The library may have more info.
Do a good turn daily!
Don


----------



## needastick (May 30, 2017)

*Dip pen*

I've used a couple of these pens but not made any.

I expect, as you are experienced, that you know that there are different styles of nib for different styles of calligraphy. The flat topped nibs produce a line variation according to the direction they are pushed and the more pointed nibs a fine line.

Some nibs are flexible and draw a broader line by increasing the downward pressure. This is necessary to achieve Spencerian and copperplate hands.

As you are less able to push a sharp nip up, the broad strokes have to be downward. Copperplate style has a fixed slant angle and some people find it easier to achieve the broad stroke by holding the nib at an angle rather than having the paper at an angle.

The straight holders are available readily to insert into your own holders, I expect the angled ones are too but I've never bought any.

Google Leonardt nib holder to get you started.

Regards, Tony.


----------



## Curly (May 30, 2017)

The only off the shelf oblique holders I've come across.

https://www.inkmethis.com/collectio...cts/oblique-flange-for-calligraphy-pen-makers


----------



## EBorraga (May 30, 2017)

This is a kit from Speedball that my local art store sells.


----------



## BradG (May 31, 2017)

its_virgil said:


> I can't answer all of your questions but here is a good start.  Go to Wooden Pens: Buy Handmade unique custom rattlesnake wood pens gifts fountain pen exotic wood from Red River Pens and look at #8. Some sources are no longer good but I can steer you on the right direction if you want or need me to.
> 
> The library may have more info.
> Do a good turn daily!
> Don



Don, thankyou so much for sharing your link, there's a mine of information on there relating to this subject which will be a god send for me. Thanks also for taking the time to write those tutorials for everyone in the first place.



needastick said:


> I've used a couple of these pens but not made any.
> 
> I expect, as you are experienced, that you know that there are different styles of nib for different styles of calligraphy.

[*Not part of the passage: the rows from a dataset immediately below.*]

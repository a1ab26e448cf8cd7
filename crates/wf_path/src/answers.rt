//! Reads the BlockAck to an open exchange.

ghost use Rattle.std.specs.Prelude.{◌≡◌, ◌&&◌, ℕ, IfOk};
ghost use Rattle.std.specs.Str.{bytes_eq};
ghost use Rattle.wf_frame.specs.Frames.{FrameValue};
ghost use Rattle.wf_def_world.specs.World.{World};
ghost use Rattle.wf_send_half.specs.Half.{HasWorld};
ghost use Rattle.wf_send_half_model.specs.Standing.{StandsFor};
ghost use Rattle.wf_def_air.specs.Airtime.{block_ack_octets};
ghost use Rattle.wf_octets.specs.BlockLayout.{answer};
ghost use Rattle.std.specs.Result.{result_err};
ghost use Rattle.wf_octets.specs.BlockFaults.{first_block_fault};
ghost use Rattle.wf_path.specs.Addresses.{address_in, bss_in};
ghost use Rattle.wf_path.specs.Answers.{recipient_in, transmitter_in, tid_in, answer_fault, read_fault, block_ack_in, is_read_wide};

use crate::DoneFault;
use crate::addresses::AddressBook;
use wf_frame::NARROW_WINDOW;
use wf_octets::bits::Bits256;
use wf_octets::block::{Ba, BlockFault, WideBa, decode_ba, decode_wide};
use wf_octets::seq12::Seq12;
use wf_send_half::Transmit;
use wf_send_parts::exchanges::widened;

/// The number of octets of a BlockAck of 64 numbers.
const NARROW_OCTETS: usize = 28;

/// Reads the BlockAck to the exchange with this number (IEEE 802.11-2012, 8.3.1.9). Returns its start, and
/// the offsets from the start of the numbers that arrived. A session whose window is above 64 takes the
/// BlockAck of 256 numbers and that of 64, each other one only that of 64.
pub(crate) fn read_block_ack(
    half: &Transmit,
    addresses: &AddressBook,
    number: u64,
    octets: &[u8],
) -> Result<(Seq12, Bits256), DoneFault>
    requires { HasWorld half.now }

    // refused exactly if a check fails, for the first that does
    ensures fault { (w : World) (bodies : ℕ → FrameValue) → StandsFor half.now w bodies →
        result_err result ≡ read_fault addresses.now w number octets.now }
    ensures read { IfOk result (λ read. read ≡ block_ack_in octets.now) }
{
    let Some(open) = half.exchange(number) else {
        return Err(DoneFault::NoExchange);
    };
    let wide = half.window(open.station, open.tid).size() > NARROW_WINDOW;
    let bss = half.bss(open.station);
    read_answer(addresses, open.station, bss, open.tid, wide, octets)
}

/// Reads the BlockAck from a station of a BSS, for one of its TIDs. `wide` is whether its window is above 64.
fn read_answer(
    addresses: &AddressBook,
    station: u16,
    bss: u8,
    tid: u8,
    wide: bool,
    octets: &[u8],
) -> Result<(Seq12, Bits256), DoneFault>
    ensures fault { result_err result ≡ answer_fault addresses.now wide station bss tid octets.now }
    ensures read { IfOk result (λ read. read ≡ block_ack_in octets.now) }
{
    let answer = decode(is_read_wide(wide, octets), octets)?;
    if !is_from(addresses, station, bss, &answer) {
        return Err(DoneFault::NotMine);
    }
    if answer.tid != tid {
        return Err(DoneFault::WrongTid { found: answer.tid });
    }
    Ok((answer.start, answer.bits))
}

/// Returns whether the octets to a session are read as a BlockAck of 256 numbers. A station may answer a wide
/// session by one of 64 (IEEE 802.11ax-2021, 9.3.1.8.2).
fn is_read_wide(wide: bool, octets: &[u8]) -> bool
    ensures { result ≡ is_read_wide wide octets.now }
{
    wide && octets.len() != NARROW_OCTETS
}

/// Reads a BlockAck of 256 numbers, or one of 64 as one of 256.
fn decode(wide: bool, octets: &[u8]) -> Result<WideBa, BlockFault>
    ensures fault { result_err result ≡ first_block_fault (block_ack_octets wide) answer wide octets.now }
    ensures recipient { IfOk result (λ ba. ba.ra ≡ recipient_in octets.now) }
    ensures transmitter { IfOk result (λ ba. ba.ta ≡ transmitter_in octets.now) }
    ensures tid { IfOk result (λ ba. ba.tid ≡ tid_in octets.now) }
    ensures says { IfOk result (λ ba. (ba.start, ba.bits) ≡ block_ack_in octets.now) }
{
    if wide {
        return decode_wide(octets);
    }
    let Ba {
        ra,
        ta,
        duration,
        tid,
        start,
        bits,
    } = decode_ba(octets)?;
    Ok(WideBa {
        ra,
        ta,
        duration,
        tid,
        start,
        bits: widened(bits),
    })
}

/// Returns whether a BlockAck is from a station to the access point of its BSS.
fn is_from(addresses: &AddressBook, station: u16, bss: u8, ba: &WideBa) -> bool
    ensures { result ≡ (bytes_eq ba.now.ra (bss_in addresses.now bss)
        && bytes_eq ba.now.ta (address_in addresses.now station)) }
{
    is_same(&ba.ra, &addresses.bss(bss)) && is_same(&ba.ta, &addresses.of(station))
}

/// Returns whether two addresses are equal. Each BlockAck needs this, so it compares octet by octet rather
/// than by a call.
fn is_same(one: &[u8; 6], other: &[u8; 6]) -> bool
    ensures { result ≡ bytes_eq one.now other.now }
{
    one.iter()
        .zip(other.iter())
        .all(|(octet, another)| octet == another)
}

The flat topped nibs produce a line variation according to the direction they are pushed and the more pointed nibs a fine line.
> 
> ...



Thanks for contributing Tony 



Curly said:


> The only off the shelf oblique holders I've come across.
> 
> https://www.inkmethis.com/collectio...cts/oblique-flange-for-calligraphy-pen-makers



Thanks Pete! that's a great help 



EBorraga said:


> This is a kit from Speedball that my local art store sells.



Yes i've seen these on ebay. certainly a good example as a foundation


----------



## darrin1200 (May 31, 2017)

Morning Brad

I have been making holders for a while now. Just a note, in calligraphy,  the nib is referred to as the pen. There are basicly tree types of pens; pointed pen, broad edge and crow quill. For now, only worry about the first two. Both pointed and broad edge, are used in a straight holder, while normally only pointed pens are used in obliques.  Be aware, that this can easily become another rabbit hole. Since I started making these holders, I have become facinated with how the oblique works and have started to learn Copperplate.

For me, one of the best information sources is Christpher Yoke. He is very open about his work and answering questions. Here is a link to some resources on his site https://www.yokepencompany.com/pages/links
Most of what I have learned is from his videos and tutorials. 

Making an oblique flange isn't overly difficult. He has a couple of excellent videos showing how to make and install them.

This is a hread over on FPN. It is long, but there is a ton of information regarding Obliques.
Show Us Your Oblique Penholders! - Calligraphy Discussions - The Fountain Pen Network

The straight holders get a metal ferrule that will hold most calligraphy pens. Here is a link to get them in the UK. https://www.penmandirect.co.uk/collections/penholders/products/ferrules

I use a 1" piece of 7mm tube in the end of my holders for the ferrule. Not only does it give me a solid hole for a pin chuck, but It adds support when I make segmented pieces, and it is easy to change the ferrule.  They do where out.

As for including a pen, thisprobably isn't necessary unless asked. There are far to many to be able to pick one that is right for everyone. A good pointed pen for a beginner, would be a Nikko G.

I hope this helps give you a good start. If you have any questions, just give a shout.


----------



## zaqdesigns (May 31, 2017)

Yoke Pen Co. has some nice videos about dip pens - https://www.youtube.com/channel/UC9IHCiYp2wbPVYhdC-MzrWA/videos


----------



## BradG (May 31, 2017)

darrin1200 said:


> Morning Brad
> 
> I have been making holders for a while now. Just a note, in calligraphy,  the nib is referred to as the pen. There are basicly tree types of pens; pointed pen, broad edge and crow quill. For now, only worry about the first two. Both pointed and broad edge, are used in a straight holder, while normally only pointed pens are used in obliques.  Be aware, that this can easily become another rabbit hole. Since I started making these holders, I have become facinated with how the oblique works and have started to learn Copperplate.
> 
> ...




Hi Darrin
Nice to hear from you

would the Nikko G be used in both the Oblique and straight holder? I am making 10 oblique, and 10 straight holders for a show and would like to take 20 pens along so the customer can decide which pen they get free with it. ideally 10 pointed, and 10 broads. 

Would you happen to have a recommendation for a broad pen?  while I appreciate there are many sizes, im hoping one may be used more commonly than others, such as one in the middle.


----------



## darrin1200 (May 31, 2017)

For pointed pen, I would stick to the Nikko. It will fit in both types of holder and will serve any calligrapher well.

When it comes to broad point, The width of the tip is dependant on the height of the letters. I haven't really played with broad point, so I don't know if there would be a "preferred" generic size.


----------



## Noot17 (Jun 2, 2017)

I have made a couple nib holders. I found the tubes and inserts from here: http://www.thegoldennib.com/pen-kits/dip-pens.html
They also have a lot of nibs to choose from. I like the speedball C3 for a medium size flat top style. That website used to have it but they don't seem to now. I am also not sure if they ship to the UK. 
Hope this helps! 


Sent from my iPhone using Penturners.org mobile app


----------